[WHAT THE TASK ASKS]
The lines to copy are those in the records below that hold the word "given".

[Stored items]
//! Reads short Verilog sources as tokens and behind their directives, and prints what they are.
//!
//! A row is a statement: a word, and a text behind one blank. `␉`, `␊`, `␋`, `␌` and `␍` in the text
//! stand for the characters that they picture.
//!
//! | statement | what it prints |
//! |---|---|
//! | `tokens TEXT` | The kind, the text and the place of each token. |
//! | `number TEXT` | The width, the value, the sign, and the bits that are x and z. |
//! | `values TEXT` | The name or the characters of each name and string. |
//! | `expand LIMIT TEXT` | The texts of the tokens behind the directives, and what is left of the limit. |
//! | `places LIMIT TEXT` | The same with their places. |
//!
//! Each prints the refusal with its place where there is one. A line that begins with `#` is printed, and an empty one is
//! left out.
use case_lines::{END, is_short};
use mcy_base::Span;
use std::alloc::{AllocError, Global};
use std::io;
use vlog_expand::{ParseError, expand};
use vlog_token::{Token, TokenError, TokenKind, name_of, number, string_value, tokens};

/// The characters that a text has in the place of their pictures.
fn unpictured(alloc: Global, text: &str) -> Result<String, AllocError> {
    let mut plain = String::new(alloc);
    for part in text.chars() {
        plain.push(match part {
            '␉' => '\t',
            '␊' => '\n',
            '␋' => '\x0b',
            '␌' => '\x0c',
            '␍' => '\r',
            _ => part,
        })?;
    }
    Ok(plain)
}

/// The tokens of a text.
fn tokens_of<'a>(alloc: Global, text: &'a str) -> Result<Vec<Token<'a>>, TokenError> {
    if is_short(text) {
        tokens(alloc, 0, text)
    } else {
        Err(TokenError::Memory)
    }
}

/// A refusal at a place: line and column, or `end` for the place behind the last token.
fn tell_at<R: Print>(rt: &R, word: &str, place: Span) -> io::Result<()> {
    if place.line == 0 {
        print!(rt; "{word} end")
    } else {
        print!(rt; "{word} {}:{}", place.line, place.col)
    }
}

fn tell_no_tokens<R: Print>(rt: &R, error: TokenError) -> io::Result<()> {
    match error {
        TokenError::BadCharacter(place) => tell_at(rt, "BadCharacter", place),
        TokenError::OpenComment(place) => tell_at(rt, "OpenComment", place),
        TokenError::OpenString(place) => tell_at(rt, "OpenString", place),
        TokenError::BadNumber(place) => tell_at(rt, "BadNumber", place),
        TokenError::Memory => print!(rt; "Memory"),
    }
}

fn tell_refusal<R: Print>(rt: &R, error: ParseError) -> io::Result<()> {
    match error {
        ParseError::Unexpected(place) => tell_at(rt, "Unexpected", place),
        ParseError::Unsupported(place, feature) => {
            print!(rt; "Unsupported ")?;
            match place.line {
                0 => print!(rt; "{feature:?} end"),
                line => print!(rt; "{feature:?} {line}:{}", place.col),
            }
        }
        ParseError::UnknownMacro(place) => tell_at(rt, "UnknownMacro", place),
        ParseError::OpenCondition(place) => tell_at(rt, "OpenCondition", place),
        ParseError::TooDeep(place) => tell_at(rt, "TooDeep", place),
        ParseError::TooMany(_) => print!(rt; "TooMany Tokens"),
        ParseError::Memory => print!(rt; "Memory"),
    }
}

fn kind_word(kind: TokenKind) -> &'static str {
    match kind {
        TokenKind::Name => "name",
        TokenKind::Escaped => "escaped",
        TokenKind::System => "system",
        TokenKind::Directive => "directive",
        TokenKind::Number => "number",
        TokenKind::String => "string",
        TokenKind::Symbol => "symbol",
    }
}

fn tell_tokens<R: Print>(rt: &R, list: &[Token<'_>]) -> io::Result<()> {
    print!(rt; "tokens")?;
    for token in list {
        let place = token.span;
        let kind = kind_word(token.kind);
        print!(rt; " {kind} {} {}:{}", token.text, place.line, place.col)?;
    }
    Ok(())
}

fn tell_texts<R: Print>(rt: &R, list: &[Token<'_>]) -> io::Result<()> {
    print!(rt; "tokens")?;
    for token in list {
        print!(rt; " {}", token.text)?;
    }
    Ok(())
}

fn tell_places<R: Print>(rt: &R, list: &[Token<'_>]) -> io::Result<()> {
    print!(rt; "tokens")?;
    for token in list {
        let place = token.span;
        print!(rt; " {} {}:{}", token.text, place.line, place.col)?;
    }
    Ok(())
}

/// The number of a text.
fn tell_number<R: Print>(rt: &R, text: &str) -> io::Result<()> {
    let Some(number) = number(text) else {
        return print!(rt; "no number");
    };
    let sign = if number.is_signed {
        "signed"
    } else {
        "unsigned"
    };
    let (width, bits) = (number.value.width(), number.value.bits());
    print!(rt;
        "{width} {sign} {bits} x {} z {}",
        number.x_bits, number.z_bits
    )
}

/// The characters of a string, those that control as their pictures.
fn tell_characters<R: Print>(rt: &R, bytes: &[u8]) -> io::Result<()> {
    for byte in bytes {
        match *byte {
            b'\t' => print!(rt; "␉")?,
            b'\n' => print!(rt; "␊")?,
            other => print!(rt; "{}", char::from(other))?,
        }
    }
    Ok(())
}

/// What a name or a string stands for.
fn tell_value<R: Print + AllocGlobal>(rt: &R, token: &Token<'_>) -> io::Result<()> {
    match token.kind {
        TokenKind::Name | TokenKind::Escaped => print!(rt; "{}", name_of(token)),
        TokenKind::String => {
            let bytes = string_value(rt.alloc(), token.text)?;
            tell_characters(rt, bytes.as_slice())
        }
        _ => Ok(()),
    }
}

fn tell_values<R: Print + AllocGlobal>(rt: &R, list: &[Token<'_>]) -> io::Result<()> {
    print!(rt; "values")?;
    for token in list {
        print!(rt; " [")?;
        tell_value(rt, token)?;
        print!(rt; "]")?;
    }
    Ok(())
}

/// What stands behind the directives of the tokens, with the places or without them.
fn tell_expanded<R: Print + AllocGlobal>(
    rt: &R,
    list: &[Token<'_>],
    limit: u32,
    with_places: bool,
) -> io::Result<()> {
    let mut left = limit;
    match expand(rt.alloc(), list, END, &mut left) {
        Ok(given) if with_places => tell_places(rt, given.as_slice())?,
        Ok(given) => tell_texts(rt, given.as_slice())?,
        Err(error) => tell_refusal(rt, error)?,
    }
    print!(rt; ", left {left}")
}

/// What is asked of the tokens of a text.
#[derive(Clone, Copy)]
enum Question {
    Tokens,
    Values,
    Expanded { limit: u32, with_places: bool },
}

/// Answers for a text.
fn answer<R: Print + AllocGlobal>(rt: &R, question: Question, text: &str) -> io::Result<()> {
    let plain = unpictured(rt.alloc(), text)?;
    match tokens_of(rt.alloc(), plain.as_str()) {
        Err(error) => tell_no_tokens(rt, error),
        Ok(all) => match question {
            Question::Tokens => tell_tokens(rt, all.as_slice()),
            Question::Values => tell_values(rt, all.as_slice()),
            Question::Expanded { limit, with_places } => {
                tell_expanded(rt, all.as_slice(), limit, with_places)
            }
        },
    }
}

/// Answers a statement with a limit in front of its text.
fn answer_limited<R: Print + AllocGlobal>(rt: &R, rest: &str, with_places: bool) -> io::Result<()> {
    let (limit, text) = rest.split_once(' ').unwrap_or((rest, ""));
    let limit = limit.parse::<u32>().unwrap_or(0);
    answer(rt, Question::Expanded { limit, with_places }, text)
}

/// Carries out a statement.
pub(crate) fn carry_out<R: Print + AllocGlobal>(rt: &R, line: &str) -> io::Result<()> {
    let (verb, rest) = line.split_once(' ').unwrap_or((line, ""));
    match verb {
        "" => return Ok(()),
        "#" => return println!(rt; "{line}"),
        _ => println!(rt; "> {line}")?,
    }
    match verb {
        "tokens" => answer(rt, Question::Tokens, rest)?,
        "number" => tell_number(rt, unpictured(rt.alloc(), rest)?.as_str())?,
        "values" => answer(rt, Question::Values, rest)?,
        "expand" => answer_limited(rt, rest, false)?,
        "places" => answer_limited(rt, rest, true)?,
        _ => print!(rt; "no statement")?,
    }
    println!(rt)
}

[RESULT OF THIS TASK]
        Ok(given) if with_places => tell_places(rt, given.as_slice())?,
        Ok(given) => tell_texts(rt, given.as_slice())?,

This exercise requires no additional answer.